** DIRECTIONS **
Which lines in the records below contain the word "want"? Copy each of them.

** RECORDED DATA **

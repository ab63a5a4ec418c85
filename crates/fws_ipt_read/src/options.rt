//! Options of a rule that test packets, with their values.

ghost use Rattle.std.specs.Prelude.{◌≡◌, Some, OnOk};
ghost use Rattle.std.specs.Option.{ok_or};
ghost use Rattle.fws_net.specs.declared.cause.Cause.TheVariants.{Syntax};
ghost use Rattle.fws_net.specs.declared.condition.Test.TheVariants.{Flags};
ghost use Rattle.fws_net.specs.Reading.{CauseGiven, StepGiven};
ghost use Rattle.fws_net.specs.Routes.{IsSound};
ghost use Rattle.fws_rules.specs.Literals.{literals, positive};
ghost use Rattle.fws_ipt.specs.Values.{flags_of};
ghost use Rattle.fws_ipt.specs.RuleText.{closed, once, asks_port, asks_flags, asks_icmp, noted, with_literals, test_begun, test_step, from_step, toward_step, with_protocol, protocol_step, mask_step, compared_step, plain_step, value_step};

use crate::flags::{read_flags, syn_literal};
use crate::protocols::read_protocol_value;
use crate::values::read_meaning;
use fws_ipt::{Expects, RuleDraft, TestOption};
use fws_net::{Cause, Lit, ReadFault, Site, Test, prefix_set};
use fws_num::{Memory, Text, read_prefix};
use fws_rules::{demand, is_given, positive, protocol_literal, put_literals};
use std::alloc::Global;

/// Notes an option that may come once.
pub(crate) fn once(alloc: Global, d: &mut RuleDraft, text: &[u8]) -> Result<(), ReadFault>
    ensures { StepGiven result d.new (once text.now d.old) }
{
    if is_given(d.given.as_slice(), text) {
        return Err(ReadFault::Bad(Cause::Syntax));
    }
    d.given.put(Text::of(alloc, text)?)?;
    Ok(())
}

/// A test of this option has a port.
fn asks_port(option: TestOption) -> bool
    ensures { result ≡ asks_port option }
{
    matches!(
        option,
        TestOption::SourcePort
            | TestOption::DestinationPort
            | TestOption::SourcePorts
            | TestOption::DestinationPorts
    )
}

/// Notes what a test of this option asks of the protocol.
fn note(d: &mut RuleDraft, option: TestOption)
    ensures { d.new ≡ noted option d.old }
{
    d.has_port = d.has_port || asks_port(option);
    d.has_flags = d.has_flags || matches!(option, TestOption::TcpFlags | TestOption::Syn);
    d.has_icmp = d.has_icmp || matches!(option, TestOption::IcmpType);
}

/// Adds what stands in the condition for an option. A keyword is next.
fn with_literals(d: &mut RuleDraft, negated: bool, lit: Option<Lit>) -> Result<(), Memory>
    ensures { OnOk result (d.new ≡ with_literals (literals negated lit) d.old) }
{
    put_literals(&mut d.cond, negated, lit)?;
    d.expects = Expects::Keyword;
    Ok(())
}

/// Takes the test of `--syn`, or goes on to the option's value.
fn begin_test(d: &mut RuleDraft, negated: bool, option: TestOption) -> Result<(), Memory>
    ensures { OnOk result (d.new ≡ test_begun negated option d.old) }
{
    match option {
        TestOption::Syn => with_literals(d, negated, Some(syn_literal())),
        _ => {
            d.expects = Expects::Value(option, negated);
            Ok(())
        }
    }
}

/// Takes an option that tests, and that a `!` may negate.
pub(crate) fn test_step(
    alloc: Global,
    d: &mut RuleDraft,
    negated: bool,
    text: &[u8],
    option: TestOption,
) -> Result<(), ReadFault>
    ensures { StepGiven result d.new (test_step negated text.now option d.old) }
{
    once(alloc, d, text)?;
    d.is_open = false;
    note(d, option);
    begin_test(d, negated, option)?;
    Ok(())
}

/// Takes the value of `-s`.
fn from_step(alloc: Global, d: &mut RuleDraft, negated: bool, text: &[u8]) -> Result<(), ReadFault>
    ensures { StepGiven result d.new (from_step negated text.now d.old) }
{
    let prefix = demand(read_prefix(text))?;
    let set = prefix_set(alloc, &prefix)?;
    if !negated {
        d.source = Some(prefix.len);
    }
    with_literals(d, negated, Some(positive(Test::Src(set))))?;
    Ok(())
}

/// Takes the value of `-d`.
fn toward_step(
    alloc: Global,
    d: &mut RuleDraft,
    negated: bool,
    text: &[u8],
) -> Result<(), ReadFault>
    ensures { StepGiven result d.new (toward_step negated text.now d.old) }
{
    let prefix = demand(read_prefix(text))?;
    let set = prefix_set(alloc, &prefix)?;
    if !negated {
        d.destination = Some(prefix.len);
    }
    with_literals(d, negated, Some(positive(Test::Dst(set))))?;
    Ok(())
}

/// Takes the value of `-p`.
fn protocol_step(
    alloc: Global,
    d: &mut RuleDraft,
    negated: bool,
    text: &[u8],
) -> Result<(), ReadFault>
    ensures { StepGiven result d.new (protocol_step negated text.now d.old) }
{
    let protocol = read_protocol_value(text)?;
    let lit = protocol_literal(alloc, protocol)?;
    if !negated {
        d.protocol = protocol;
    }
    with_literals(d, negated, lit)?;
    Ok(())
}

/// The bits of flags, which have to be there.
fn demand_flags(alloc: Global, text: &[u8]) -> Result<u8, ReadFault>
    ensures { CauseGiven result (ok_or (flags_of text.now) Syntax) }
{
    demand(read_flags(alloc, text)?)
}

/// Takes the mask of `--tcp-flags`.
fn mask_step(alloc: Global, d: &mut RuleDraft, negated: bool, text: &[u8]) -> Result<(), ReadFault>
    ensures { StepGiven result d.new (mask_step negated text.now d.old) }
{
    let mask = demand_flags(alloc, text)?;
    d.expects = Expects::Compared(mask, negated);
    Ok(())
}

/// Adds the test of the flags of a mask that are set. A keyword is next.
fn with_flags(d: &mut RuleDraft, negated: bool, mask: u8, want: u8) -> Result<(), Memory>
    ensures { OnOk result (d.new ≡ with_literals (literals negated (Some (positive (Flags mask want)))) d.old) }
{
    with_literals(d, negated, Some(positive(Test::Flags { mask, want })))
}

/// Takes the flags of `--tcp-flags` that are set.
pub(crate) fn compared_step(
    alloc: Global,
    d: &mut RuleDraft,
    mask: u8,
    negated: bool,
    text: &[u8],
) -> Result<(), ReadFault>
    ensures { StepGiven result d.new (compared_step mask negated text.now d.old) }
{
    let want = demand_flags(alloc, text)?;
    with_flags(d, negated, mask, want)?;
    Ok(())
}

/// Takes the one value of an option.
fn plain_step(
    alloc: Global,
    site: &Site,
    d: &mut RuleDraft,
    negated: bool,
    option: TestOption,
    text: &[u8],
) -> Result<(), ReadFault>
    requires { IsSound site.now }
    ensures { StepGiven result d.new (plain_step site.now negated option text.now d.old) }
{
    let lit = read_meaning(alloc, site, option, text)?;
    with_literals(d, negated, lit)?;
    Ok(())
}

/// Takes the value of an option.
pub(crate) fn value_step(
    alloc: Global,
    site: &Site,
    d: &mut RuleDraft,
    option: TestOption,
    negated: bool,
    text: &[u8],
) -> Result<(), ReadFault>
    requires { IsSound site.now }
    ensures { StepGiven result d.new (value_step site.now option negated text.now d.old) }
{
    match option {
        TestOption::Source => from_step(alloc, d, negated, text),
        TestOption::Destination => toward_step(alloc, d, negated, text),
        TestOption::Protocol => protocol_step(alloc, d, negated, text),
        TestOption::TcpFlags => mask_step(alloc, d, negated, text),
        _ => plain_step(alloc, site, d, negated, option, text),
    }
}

** THE ANSWER **
fn with_flags(d: &mut RuleDraft, negated: bool, mask: u8, want: u8) -> Result<(), Memory>
    ensures { OnOk result (d.new ≡ with_literals (literals negated (Some (positive (Flags mask want)))) d.old) }
    with_literals(d, negated, Some(positive(Test::Flags { mask, want })))
    let want = demand_flags(alloc, text)?;
    with_flags(d, negated, mask, want)?;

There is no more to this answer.